# PB12-Plus-vs PB13-Ultra



## ShaunH (Sep 15, 2009)

So as most know SVS is now offering DSP amps on all its news subs. And that includes the PB12-plus and PB13-ultra with new 800 and 1000 Watt DSP amps respectively. These new amps have added a better feature set, full digital controls, more power, and better control for SVS. if rumors and comments are correct, the new DSP amps improve sound quality as well. But its also added to the price of the subs.

(These prices are the normal prices after the pre sale runs out,shipping is also not included.)

PB12-Plus: $1499 - $1549

PB13-Ultra: $1899 - $1999

So now the the plus is in the price range the Ultra debuted at. And the Ultra is pretty much at or over 2k when shipping is added in. 
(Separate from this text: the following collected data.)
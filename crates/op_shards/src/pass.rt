//! The pass of one sender or one taker: an end of each queue.

ghost use Rattle.std.specs.Prelude.{◌≡◌, ◌<◌, ◌≤◌, ◌+◌, ◌-◌, ◌%◌, length, map, slice_get, Some, IsTrue, MatchOption};
ghost use Rattle.std.specs.Prelude.{MatchResult, IfOk, OnOk};
ghost use Rattle.std.specs.List.{range_with_len};
ghost use Rattle.crossbeam_queue.specs.Passes.{ruled_capacity};
ghost use Rattle.op_shards.specs.Order.{of, IsPartOf, AreFirstOf, IsHere, IsNextAfter};
ghost use Rattle.op_shards.specs.Passes.{at_shard, name, names, queues_of, spots, shard_of, free_end_state, new_sender};
ghost use Rattle.op_shards.specs.Passes.{new_taker, after_submit, after_take, after_gather, join_ends, SenderWasKept};
ghost use Rattle.op_shards.specs.Passes.{SenderWasKeptAt, TakerWasKept, TakerWasKeptAt};

use crate::group_op::GroupOp;
use crate::queue_end::{FreeEnd, SendEnd, TakeEnd};
use crate::rule::{Queue, Ranked};
use std::alloc::{AllocError, Global};
use std::marker::Model;
use std::sync::Wait;

/// A sender's right to send, and the record of what it sent. To a contract it is the queues that it
/// came with, the sender's number, and what each accepted of it.
pub struct SendPass<T> {
    sender: u64,
    senders: usize,
    takers: usize,
    ends: Vec<SendEnd<T>>,
}

impl<T: Drop> Drop for SendPass<T> {
    fn drop(self) {
        let SendPass {
            sender: _,
            senders: _,
            takers: _,
            ends,
        } = self;
        drop(ends);
    }
}

impl<T> Model for SendPass<T> {
    ghost use Rattle.std.specs.Prelude.{◌≡◌, map, All};
    ghost use Rattle.op_shards.specs.Passes.{Sender, queues_of, spots};

    ghost Value = { Sender T };

    ghost view = { λ s. record {
      queues = queues_of (map (λ l. l.spot.queue) s.ends.items) s.senders s.takers;
      sender = s.sender;
      accepted = map (λ l. l.accepted) s.ends.items;
    } };

    ghost invariant = { λ s. (map (λ l. l.spot) s.ends.items ≡
        spots (queues_of (map (λ l. l.spot.queue) s.ends.items) s.senders s.takers)) ×
        All (λ l. l.sender ≡ s.sender) s.ends.items };
}

/// A taker's right to take, or that of several whose passes were put together, and the record of
/// what was taken. To a contract it is the queues that it came with, how many takers it is, and
/// what they took of each.
pub struct TakePass<T> {
    senders: usize,
    takers: usize,
    ends: Vec<TakeEnd<T>>,
}

impl<T: Drop> Drop for TakePass<T> {
    fn drop(self) {
        let TakePass {
            senders: _,
            takers: _,
            ends,
        } = self;
        drop(ends);
    }
}

impl<T> Model for TakePass<T> {
    ghost use Rattle.std.specs.Prelude.{◌≡◌, ◌<◌, map, All};
    ghost use Rattle.op_shards.specs.Passes.{Taker, queues_of, spots, parts_of};

    ghost Value = { Taker T };

    ghost view = { λ s. record {
      queues = queues_of (map (λ l. l.spot.queue) s.ends.items) s.senders s.takers;
      takers = parts_of s.ends.items;
      taken = map (λ l. l.taken) s.ends.items;
    } };

    ghost invariant = { λ s. (map (λ l. l.spot) s.ends.items ≡
        spots (queues_of (map (λ l. l.spot.queue) s.ends.items) s.senders s.takers)) × (0 < parts_of s.ends.items) ×
        All (λ l. l.parts ≡ parts_of s.ends.items) s.ends.items };
}

impl<T: GroupOp> SendPass<T> {
    /// Puts the operation into the queue of this shard. The pass has a list for each shard.
    pub(crate) fn push<R: Wait>(
        &mut self,
        rt: &R,
        queue: &Queue<T>,
        shard: usize,
        op: T,
    ) -> Result<(), T>
        requires queue { slice_get self.old.queues.names shard ≡ Some (name queue.now) }
        requires here { T.group op % length self.old.queues.names ≡ shard }
        ensures lists { length self.old.accepted ≡ length self.old.queues.names }
        ensures answer { MatchResult result
            (λ _. (self.new ≡ after_submit self.old shard op) × SenderWasKept T.group self.new shard)
            (λ x. (x ≡ op) × (self.new ≡ self.old)
            × SenderWasKeptAt T.group (ruled_capacity queue.now) self.old shard) }
    {
        let sender = self.sender;
        let queue_end = &mut self.ends[shard];
        queue_end.push(rt, queue, sender, op)
    }

    /// The number of operations that the queue of this shard holds at one moment.
    pub(crate) fn len<R: Wait>(&mut self, rt: &R, queue: &Queue<T>, shard: usize) -> usize
        requires { slice_get self.old.queues.names shard ≡ Some (name queue.now) }
        ensures same { self.new ≡ self.old }
        ensures most { result ≤ ruled_capacity queue.now }
        ensures held { SenderWasKeptAt T.group result self.old shard }
    {
        let queue_end = &mut self.ends[shard];
        queue_end.len(rt, queue)
    }

    /// Each operation that the taker took of this sender was accepted at least as often. Those that
    /// all takers together took are the first that were accepted.
    pub(crate) fn compare(&mut self, queue: &Queue<T>, other: &mut TakePass<T>, shard: usize)
        requires queue { slice_get self.old.queues.names shard ≡ Some (name queue.now) }
        requires same { other.old.queues ≡ self.old.queues }
        ensures same { (self.new ≡ self.old) × (other.new ≡ other.old) }
        ensures accepted { IsPartOf (of self.old.sender (at_shard other.old.taken shard))
            (at_shard self.old.accepted shard) }
        ensures first { other.old.takers ≡ other.old.queues.takers →
            AreFirstOf (of self.old.sender (at_shard other.old.taken shard)) (at_shard self.old.accepted shard) }
    {
        let mine = &mut self.ends[shard];
        let theirs = &mut other.ends[shard];
        mine.compare(queue, theirs);
    }
}

impl<T: GroupOp> TakePass<T> {
    /// Takes the oldest operation of this shard.
    pub(crate) fn pop<R: Wait>(
        &mut self,
        rt: &R,
        queue: &Queue<T>,
        shard: usize,
    ) -> Option<Ranked<T>>
        requires { slice_get self.old.queues.names shard ≡ Some (name queue.now) }
        ensures { MatchOption result
            ((self.new ≡ self.old) × TakerWasKeptAt T.group 0 self.old shard)
            (λ x. (self.new ≡ after_take self.old shard x) × IsHere T.group (shard_of self.old.queues shard) x
            × IsNextAfter (at_shard self.old.taken shard) x × TakerWasKept T.group self.new shard) }
    {
        let queue_end = &mut self.ends[shard];
        queue_end.pop(rt, queue)
    }

    /// True only if the queue of this shard was empty at one moment.
    pub(crate) fn is_empty(&mut self, queue: &Queue<T>, shard: usize) -> bool
        requires { slice_get self.old.queues.names shard ≡ Some (name queue.now) }
        ensures same { self.new ≡ self.old }
        ensures held { IsTrue result → TakerWasKeptAt T.group 0 self.old shard }
    {
        let queue_end = &mut self.ends[shard];
        queue_end.is_empty(queue)
    }

    /// Takes over what the other took of each shard, and its takers.
    pub(crate) fn gather(&mut self, queues: &Vec<Queue<T>>, other: TakePass<T>)
        requires queues { self.old.queues.names ≡ names queues.now.items }
        requires other { other.queues ≡ self.old.queues }
        ensures { self.new ≡ after_gather self.old other }
    {
        let TakePass {
            senders: _,
            takers: _,
            ends,
        } = other;
        gather_ends(queues, &mut self.ends, ends);
    }
}

// Puts two takers' ends of each queue together.
fn gather_ends<T: GroupOp>(
    queues: &Vec<Queue<T>>,
    ends: &mut Vec<TakeEnd<T>>,
    mut others: Vec<TakeEnd<T>>,
)
    requires ends { map (λ l. l.spot.queue) ends.old.items ≡ names queues.now.items }
    requires others { map (λ l. l.spot) others.items ≡ map (λ l. l.spot) ends.old.items }
    ensures { ends.new.items ≡ join_ends ends.old.items others.items }
{
    for i in 0..queues.len() {
        let queue = &queues[i];
        let queue_end = &mut ends[i];
        let other = &mut others[i];
        queue_end.gather(queue, other);
    }
}

/// The numbers of senders and of takers that have passes of the queues.
#[derive(Clone, Copy)]
pub(crate) struct Members {
    pub senders: usize,
    pub takers: usize,
}

// The next sender's pass.
fn next_send_pass<T: GroupOp>(
    alloc: Global,
    queues: &Vec<Queue<T>>,
    free_ends: &mut Vec<FreeEnd<T>>,
    members: Members,
    sender: u64,
) -> Result<SendPass<T>, AllocError>
    requires room { sender < members.senders }
    requires free_ends { free_ends.old.items ≡ map (free_end_state sender members.takers)
        (spots (queues_of (names queues.now.items) members.senders members.takers)) }
    ensures free_ends { OnOk result (free_ends.new.items ≡ map (free_end_state (sender + 1) members.takers)
        (spots (queues_of (names queues.now.items) members.senders members.takers))) }
    ensures pass { IfOk result
        (λ p. p ≡ new_sender (queues_of (names queues.now.items) members.senders members.takers) sender) }
{
    let mut ends = Vec::new(alloc);
    for i in 0..queues.len() {
        let queue = &queues[i];
        let free_end = &mut free_ends[i];
        ends.push(free_end.next_sender(queue))?;
    }
    Ok(SendPass {
        sender,
        senders: members.senders,
        takers: members.takers,
        ends,
    })
}

// One more taker's pass, of the `left` that have none yet.
fn next_take_pass<T: GroupOp>(
    alloc: Global,
    queues: &Vec<Queue<T>>,
    free_ends: &mut Vec<FreeEnd<T>>,
    members: Members,
    left: usize,
) -> Result<TakePass<T>, AllocError>
    requires some { 0 < length queues.now.items }
    requires room { 0 < left }
    requires free_ends { free_ends.old.items ≡ map (free_end_state members.senders left)
        (spots (queues_of (names queues.now.items) members.senders members.takers)) }
    ensures free_ends { OnOk result (free_ends.new.items ≡ map (free_end_state members.senders (left - 1))
        (spots (queues_of (names queues.now.items) members.senders members.takers))) }
    ensures pass { IfOk result
        (λ p. p ≡ new_taker (queues_of (names queues.now.items) members.senders members.takers)) }
{
    let mut ends = Vec::new(alloc);
    for i in 0..queues.len() {
        let queue = &queues[i];
        let free_end = &mut free_ends[i];
        ends.push(free_end.next_taker(queue))?;
    }
    Ok(TakePass {
        senders: members.senders,
        takers: members.takers,
        ends,
    })
}

/// The passes of all senders.
pub(crate) fn new_send_passes<T: GroupOp>(
    alloc: Global,
    queues: &Vec<Queue<T>>,
    free_ends: &mut Vec<FreeEnd<T>>,
    members: Members,
) -> Result<Vec<SendPass<T>>, AllocError>
    requires free_ends { free_ends.old.items ≡ map (free_end_state 0 members.takers)
        (spots (queues_of (names queues.now.items) members.senders members.takers)) }
    ensures free_ends { OnOk result (free_ends.new.items ≡ map (free_end_state members.senders members.takers)
        (spots (queues_of (names queues.now.items) members.senders members.takers))) }
    ensures passes { IfOk result (λ v. v.items ≡
        map (new_sender (queues_of (names queues.now.items) members.senders members.takers))
        (range_with_len 0 members.senders)) }
{
    let mut passes = Vec::new(alloc);
    for sender in 0..members.senders {
        let pass = next_send_pass(alloc, queues, free_ends, members, sender as u64)?;
        passes.push(pass)?;
    }
    Ok(passes)
}

/// The passes of all takers.
pub(crate) fn new_take_passes<T: GroupOp>(
    alloc: Global,
    queues: &Vec<Queue<T>>,
    free_ends: &mut Vec<FreeEnd<T>>,
    members: Members,
) -> Result<Vec<TakePass<T>>, AllocError>
    requires some { 0 < length queues.now.items }
    requires free_ends { free_ends.old.items ≡ map (free_end_state members.senders members.takers)
        (spots (queues_of (names queues.now.items) members.senders members.takers)) }
    ensures passes { IfOk result (λ v. v.items ≡ map
        (λ _. new_taker (queues_of (names queues.now.items) members.senders members.takers))
        (range_with_len 0 members.takers)) }
{
    let mut passes = Vec::new(alloc);
    for taker in 0..members.takers {
        let pass = next_take_pass(alloc, queues, free_ends, members, members.takers - taker)?;
        passes.push(pass)?;
    }
    Ok(passes)
}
How close is the Plus to Ultra in sound quality and overall permanence? I've read comments that the plus with the new DSP amp is close to the ultra's sound quality. Further are these subs still competitive in an ever tougher sub woofer market? What are you thoughts?


----------



## recruit (May 9, 2009)

Hi Shaun, I have found the Ultra driver to be the best one SVS have made to date, the PB13 sounds just so right and if I were to choose out of the Plus and Ultra, I would urge to take the Ultra as in relevance to size it is not that much bigger but it most certainly is the better sub and worth the extra $$$.


----------



## macmovieman (Dec 7, 2010)

I had to make a similar decision recently and I decided to pull the trigger on the PB13-Ultra and I am glad I did. This thing rocks for music and movies.


----------